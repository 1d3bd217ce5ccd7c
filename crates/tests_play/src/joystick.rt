//! A joystick client whose client is revoked.
ghost use Rattle.std.specs.Prelude.{◌≡◌, ◌≤◌, []};
ghost use Rattle.inp_model.specs.declared.stamped.TheConstants.{MOMENT_MAX};
ghost use Rattle.inp_model.specs.Step.{moment_of};
ghost use Rattle.inp_model.specs.Reply.{HasRoom};

use inp_caps::{Caps, CapsBuilder};
use inp_device::Device;
use inp_joy::{BTN_JOYSTICK, Joy, JoyRead, Picture};
use inp_model::{EV_KEY, EV_SYN, Event, SYN_REPORT, Step};
use inp_reader::Started;
use std::test::Fail;

/// A stick with a trigger.
fn stick() -> Caps {
    let mut builder = CapsBuilder::new();
    builder.code(EV_KEY, BTN_JOYSTICK).unwrap();
    builder.build()
}

/// Makes a step that writes to no buffer.
fn make(device: &mut Device, step: Step)
    requires moment { moment_of step ≤ MOMENT_MAX }
    requires room { HasRoom device.old.description step [] [] }
    ensures description { device.new.description ≡ device.old.description }
{
    device.step(step, &mut [], &mut []);
}

/// The trigger goes down.
fn press(device: &mut Device)
    ensures description { device.new.description ≡ device.old.description }
{
    let down = Event {
        kind: EV_KEY,
        code: BTN_JOYSTICK,
        value: 1,
    };
    make(
        device,
        Step::Inject {
            event: down,
            now: 5000,
        },
    );
    let report = Event {
        kind: EV_SYN,
        code: SYN_REPORT,
        value: 0,
    };
    make(
        device,
        Step::Inject {
            event: report,
            now: 5000,
        },
    );
}

#[test]
fn a_revoked_joystick_keeps_its_picture(rt: HostRuntime) -> Result<(), Fail> {
    let caps = stick();
    let mut device = Device::new(rt.alloc(), caps.copy())?;
    let mut joy = Joy::new(rt.alloc(), &caps)?;
    let mut bytes = [0; 8];
    let opened = Started::Opened {
        client: 0,
        ring: 128,
    };
    assert_eq!(rt; joy.start(&mut device), opened);
    assert_eq!(rt; joy.read(&mut device, &mut bytes), JoyRead::Record);
    assert_eq!(rt; bytes, [0, 0, 0, 0, 0, 0, 0x81, 0], "the startup");
    press(&mut device);
    assert_eq!(rt; joy.read(&mut device, &mut bytes), JoyRead::Record);
    assert_eq!(rt; bytes, [5, 0, 0, 0, 1, 0, 1, 0], "the press");
    make(&mut device, Step::Revoke { client: 0 });
    assert_eq!(rt;
        joy.read(&mut device, &mut bytes),
        JoyRead::Frame { place: 3 }
    );
    assert_eq!(rt; joy.read(&mut device, &mut bytes), JoyRead::NoDevice);
    assert_eq!(rt; bytes, [5, 0, 0, 0, 1, 0, 1, 0], "as they were");
    let picture = Picture {
        buttons: 1,
        axes: [0; 64],
    };
    assert_eq!(rt; *joy.picture(), picture);
    Ok(())
}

### Problem description
Reproduce verbatim only the lines from the one holding "let caps = stick();" through the end of the records.

### Reply
    let caps = stick();
    let mut device = Device::new(rt.alloc(), caps.copy())?;
    let mut joy = Joy::new(rt.alloc(), &caps)?;
    let mut bytes = [0; 8];
    let opened = Started::Opened {
        client: 0,
        ring: 128,
    };
    assert_eq!(rt; joy.start(&mut device), opened);
    assert_eq!(rt; joy.read(&mut device, &mut bytes), JoyRead::Record);
    assert_eq!(rt; bytes, [0, 0, 0, 0, 0, 0, 0x81, 0], "the startup");
    press(&mut device);
    assert_eq!(rt; joy.read(&mut device, &mut bytes), JoyRead::Record);
    assert_eq!(rt; bytes, [5, 0, 0, 0, 1, 0, 1, 0], "the press");
    make(&mut device, Step::Revoke { client: 0 });
    assert_eq!(rt;
        joy.read(&mut device, &mut bytes),
        JoyRead::Frame { place: 3 }
    );
    assert_eq!(rt; joy.read(&mut device, &mut bytes), JoyRead::NoDevice);
    assert_eq!(rt; bytes, [5, 0, 0, 0, 1, 0, 1, 0], "as they were");
    let picture = Picture {
        buttons: 1,
        axes: [0; 64],
    };
    assert_eq!(rt; *joy.picture(), picture);
    Ok(())
}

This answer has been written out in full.